By comparing a claimant's information with historical claims that have turned out to be fraudulent, companies can find claims that have a “statistically significant” chance of being illegitimate, Mr. Yoder said. And he says insurers and service providers are developing technology that is increasingly accurate at identifying such cases.
Aon's Mr. Braun said such claims data is being electronically filed by insurers and claims handlers into an index operated by Jersey City, N.J.-based Insurance Services Office Inc. While companies previously submitted paperwork for the database, Mr. Braun said there has been a push among insurers and service providers in recent years for claims data to be filed electronically.
It has become easier for insurers and adjusters to be notified of potential fraud as the database has become increasingly digitized, Mr. Braun said. For instance, adjusters can receive almost instant notification if a person has filed more than one claim for a single accident.
“Technology made (the index) a more effective product,” Mr. Braun said.
The development of better fraud detection technology has been helpful particularly in dealing with organized crime groups that specialize in commercial insurance fraud, said Chris Story, Austin, Texas-based claims services manager with Computer Sciences Corp.
“As far as your major crime rings ... that do fraudulent activity for a living, they do know which companies use technology in some ways and which ones do not, and they're going to put their efforts toward the ones that do not,” said Mr. Story, whose company developed a Fraud Analytics Suite used by commercial and personal insurance companies.
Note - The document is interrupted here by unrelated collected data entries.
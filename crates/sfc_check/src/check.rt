//! The types of expressions (3.3.1).

ghost use Rattle.std.specs.Prelude.{◌≡◌};
ghost use Rattle.sfc_text.specs.Trees.{tree_of};
ghost use Rattle.sfc_check.specs.Checking as checking;
ghost use Rattle.sfc_check.specs.Naturals as naturals;
ghost use Rattle.sfc_check.specs.Scopes as scopes;
ghost use Rattle.sfc_check.specs.TypeFaults.{Gives, GivesExactly};
ghost use Rattle.sfc_expr.specs.Trees.{expression_of};
ghost use Rattle.sfc_expr.specs.Types as types;

use crate::family::{Family, family_of, operator_of};
use crate::literal::{check_literal, want};
use crate::natural::natural;
use crate::placed_error::{PlacedTypeError, typed_at};
use crate::referent::Referent;
use crate::scope::Scope;
use crate::type_error::TypeError;
use sfc_base::var_type::VarType;
use sfc_expr::expr::Expr;
use sfc_text::expression::{Expression, Variable as Name};
use std::alloc::Global;

/// The typed tree of an expression that is wanted of a type, or its first type fault: an operator's own before those
/// of its operands, the left operand's before the right one's. The fault of an operator is at the operator, that of a name at
/// the name, or behind its dot where nothing has such a part.
#[cycle(check)]
pub fn check<S: Scope>(
    alloc: Global,
    expression: &Expression,
    scope: &S,
    wanted: VarType,
) -> Result<Expr, PlacedTypeError>
    ensures { Gives expression_of result (checking.checked (S.names scope.now) (tree_of expression.now) wanted) }
{
    match expression {
        Expression::Literal(literal, _) => {
            let value = typed_at(check_literal(*literal, wanted), expression, scope, wanted)?;
            Ok(Expr::Literal(value))
        }
        Expression::Variable(name) => {
            typed_at(check_name(name, scope, wanted), expression, scope, wanted)
        }
        Expression::Not(_, operand) => {
            typed_at(want(VarType::Bool, wanted), expression, scope, wanted)?;
            let operand = check_operand(alloc, operand, scope, VarType::Bool)?;
            Ok(Expr::Not(operand))
        }
        Expression::Minus(_, operand) => {
            let var_type = typed_at(integer(wanted), expression, scope, wanted)?;
            let operand = check_operand(alloc, operand, scope, var_type)?;
            Ok(Expr::Minus(var_type, operand))
        }
        Expression::Binary(written, _, left, right) => {
            let operator = operator_of(*written);
            let operands = operand_type(family_of(operator), wanted, left, right, scope);
            let var_type = typed_at(operands, expression, scope, wanted)?;
            let left = check_operand(alloc, left, scope, var_type)?;
            let right = check_operand(alloc, right, scope, var_type)?;
            Ok(Expr::Binary(operator, var_type, left, right))
        }
    }
}

// The typed tree of an operand, in memory of its own.
#[cycle(check)]
fn check_operand<S: Scope>(
    alloc: Global,
    operand: &Expression,
    scope: &S,
    wanted: VarType,
) -> Result<Box<Expr>, PlacedTypeError>
    ensures { Gives (λ b. expression_of b.value) result
        (checking.checked (S.names scope.now) (tree_of operand.now) wanted) }
{
    let operand = check(alloc, operand, scope, wanted)?;
    Ok(Box::new(alloc, operand)?)
}

// The typed tree of a name.
fn check_name<S: Scope>(name: &Name, scope: &S, wanted: VarType) -> Result<Expr, TypeError>
    ensures { GivesExactly expression_of result
        (checking.checked_name (scopes.referent_of (S.names scope.now) name.now) wanted) }
{
    match Referent::of_name(name, scope) {
        Some(referent) => {
            want(referent.var_type(), wanted)?;
            Ok(referent.reading())
        }
        None => Err(TypeError::Unknown),
    }
}

// The type of operands, where the operator is to give a wanted type.
fn operand_type<S: Scope>(
    family: Family,
    wanted: VarType,
    left: &Expression,
    right: &Expression,
    scope: &S,
) -> Result<VarType, TypeError>
    ensures { let natural : _ = naturals.natural (S.names scope.now) in
        GivesExactly (λ t. t) result
        (checking.operand_type family wanted (natural (tree_of left.now)) (natural (tree_of right.now))) }
{
    match family {
        Family::Logical => {
            want(VarType::Bool, wanted)?;
            Ok(VarType::Bool)
        }
        Family::Equality => {
            want(VarType::Bool, wanted)?;
            Ok(compared(left, right, scope))
        }
        Family::Order => {
            want(VarType::Bool, wanted)?;
            ordered(compared(left, right, scope))
        }
        Family::Sum => sum(wanted),
        Family::Product => integer(wanted),
    }
}

// The type that a comparison works on.
fn compared<S: Scope>(left: &Expression, right: &Expression, scope: &S) -> VarType
    ensures { let natural : _ = naturals.natural (S.names scope.now) in
        result ≡ checking.compared (natural (tree_of left.now)) (natural (tree_of right.now)) }
{
    match natural(left, scope) {
        Some(var_type) => var_type,
        None => natural(right, scope).unwrap_or(VarType::Dint),
    }
}

// A BOOL has no order.
fn ordered(var_type: VarType) -> Result<VarType, TypeError>
    ensures { GivesExactly (λ t. t) result (checking.ordered var_type) }
{
    match var_type {
        VarType::Bool => Err(TypeError::WrongType),
        VarType::Int | VarType::Dint | VarType::Time => Ok(var_type),
    }
}

// The type of the operands of `+` and `-`.
fn sum(wanted: VarType) -> Result<VarType, TypeError>
    ensures { GivesExactly (λ t. t) result (checking.or_wrong (types.sum_type wanted)) }
{
    match wanted {
        VarType::Int | VarType::Dint | VarType::Time => Ok(wanted),
        VarType::Bool => Err(TypeError::WrongType),
    }
}

// The type of the operands of `*`, `/`, MOD and of the operand of a minus.
fn integer(wanted: VarType) -> Result<VarType, TypeError>
    ensures { GivesExactly (λ t. t) result (checking.or_wrong (types.integer_type wanted)) }
{
    match wanted {
        VarType::Int | VarType::Dint => Ok(wanted),
        VarType::Bool | VarType::Time => Err(TypeError::WrongType),
    }
}
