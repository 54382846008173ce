//! Charts as pictures for Graphviz. A picture shows what a chart says and what the windows on its instances tell; its text is our choice, and no
//! clause says what it is.
//!
//! - `conditions`: the conditions of transitions, as a listing has them.
//! - `draw`: a chart as Graphviz text, from bytes to bytes.
//! - `drawing`: the drawings of program types and of instances.
//! - `label`: pieces of text in labels of Graphviz.
//! - `picture_error`: why there is no picture.
//! - `quiet`: a report that writes nothing.
//! - `sheet`: what one drawing is made from.
//! - `step`: steps with their action blocks.
//! - `transition`: transitions, with the lines of forks and joins.
#![tactic(auto)]

mod conditions;
pub mod draw;
mod drawing;
mod label;
pub mod picture_error;
mod quiet;
mod sheet;
mod step;
mod transition;

// What lies deeper, under a name of this crate.
use sfc_core::sfc_instances::sfc_instance;
use sfc_debug::sfc_core;
use sfc_instance::sfc_tables;
use sfc_replay::sfc_output::{sfc_debug, sfc_list};
use sfc_replay::sfc_script;
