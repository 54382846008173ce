//! The conditions of transitions, as a listing has them.

use crate::sfc_list::list::list;
use crate::sfc_script::arriving::ended_line;
use sfc_plant::plant::Plant;
use std::alloc::{AllocError, Global};

/// What stands in front of a condition on its line of a listing, and behind it.
const FRONT: &[u8] = b"    := ";

const BACK: &[u8] = b";";

/// The conditions of all transitions of a plant, in the order of its text.
#[derive(Drop)]
pub struct Conditions {
    texts: Vec<Vec<u8>>,
}

// The condition on a line of a listing, if it has one.
fn condition_on(line: &[u8]) -> Option<&[u8]> {
    if line.len() < FRONT.len() + BACK.len() {
        return None;
    }
    let (front, rest) = line.split_at(FRONT.len());
    let (condition, back) = rest.split_at(rest.len() - BACK.len());
    if front == FRONT && back == BACK {
        Some(condition)
    } else {
        None
    }
}

impl Conditions {
    // Those of a listing.
    fn listed(alloc: Global, listing: &[u8]) -> Result<Conditions, AllocError> {
        let mut texts = Vec::new(alloc);
        let mut rest = listing;
        'lines: while let Some((line, behind)) = ended_line(rest) {
            if let Some(condition) = condition_on(line) {
                texts.push(Vec::from_slice(alloc, condition)?)?;
            }
            rest = behind;
        }
        Ok(Conditions { texts })
    }

    /// Those of a plant. The one error is that memory was refused.
    pub fn of_plant(alloc: Global, plant: &Plant) -> Result<Conditions, AllocError> {
        let listing = list(alloc, plant)?;
        Conditions::listed(alloc, &listing)
    }

    /// That of the transition with this number among all of the plant; nothing where there is none.
    pub fn of_transition(&self, number: usize) -> &[u8] {
        match self.texts.get(number) {
            Some(text) => text,
            None => b"",
        }
    }
}
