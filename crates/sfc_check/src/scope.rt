//! Where expressions and statements are checked.

ghost use Rattle.std.specs.Prelude.{◌≡◌};
ghost use Rattle.sfc_check.specs.Scopes.{Names, IgnoresCase};

use sfc_base::references::{StepId, Variable};
use sfc_base::var_type::VarType;

/// What the names of a program stand for. The member `names` says it for each name as it was written; the law
/// `ignores_case` is that the case of letters is not significant (2.1.2). No finder takes memory.
pub trait Scope {
    ghost names: { Self → Names };

    /// The variable of this name, among locals and externals, then globals (2.4.3), with its type.
    fn variable(&self, name: &[u8]) -> Option<(Variable, VarType)>
        ensures { result ≡ (names self.now).variable name.now };

    /// The step of this name (2.6.2).
    fn step(&self, name: &[u8]) -> Option<StepId>
        ensures { result ≡ (names self.now).step name.now };

    /// Whether the name is that of the action in whose body the statements stand (2.6.4.5).
    fn is_own_action(&self, name: &[u8]) -> bool
        ensures { result ≡ (names self.now).is_own_action name.now };

    ghost ignores_case: { (scope : Self) → IgnoresCase (names scope) };
}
Despite advances in claims fraud identification, experts say there are disadvantages to processing and reviewing claims that have a wealth of information.
While predictive models are beneficial for guiding the data collection process, such systems still need experienced claims handlers to sort through the information and decide how best to intervene, said Richard Pankhurst, an Austin, Texas-based director in the insurance advisory practice with PricewaterhouseCoopers L.L.P.
“Predictive analytics are only as good as the data that's fed into them,” Mr. Pankhurst said.
Claims software should guide claims adjusters to ask targeted questions that provide specific information for fraud identification, Mr. Pankhurst said.
Mr. Braun said models that flag potential fraud run the risk of inundating claims adjusters with warnings that eventually could end up being ignored.
“If you see the same thing 15 times and then you find out it's sort of a false alarm, you tend to not respond to it,” Mr. Braun said.
Still, Marsh's Mr. Yoder believes newer technology is helpful in allowing adjusters and examiners to concentrate their efforts on a select number of troublesome claims.
“The focus that comes through that predictive analytics exercise ... helps create a more efficient way to use limited resources,” Mr. Yoder said.
Using predictive modeling to augment claims management systems is expanding beyond insurers and third-party administrators, those familiar with the technology say.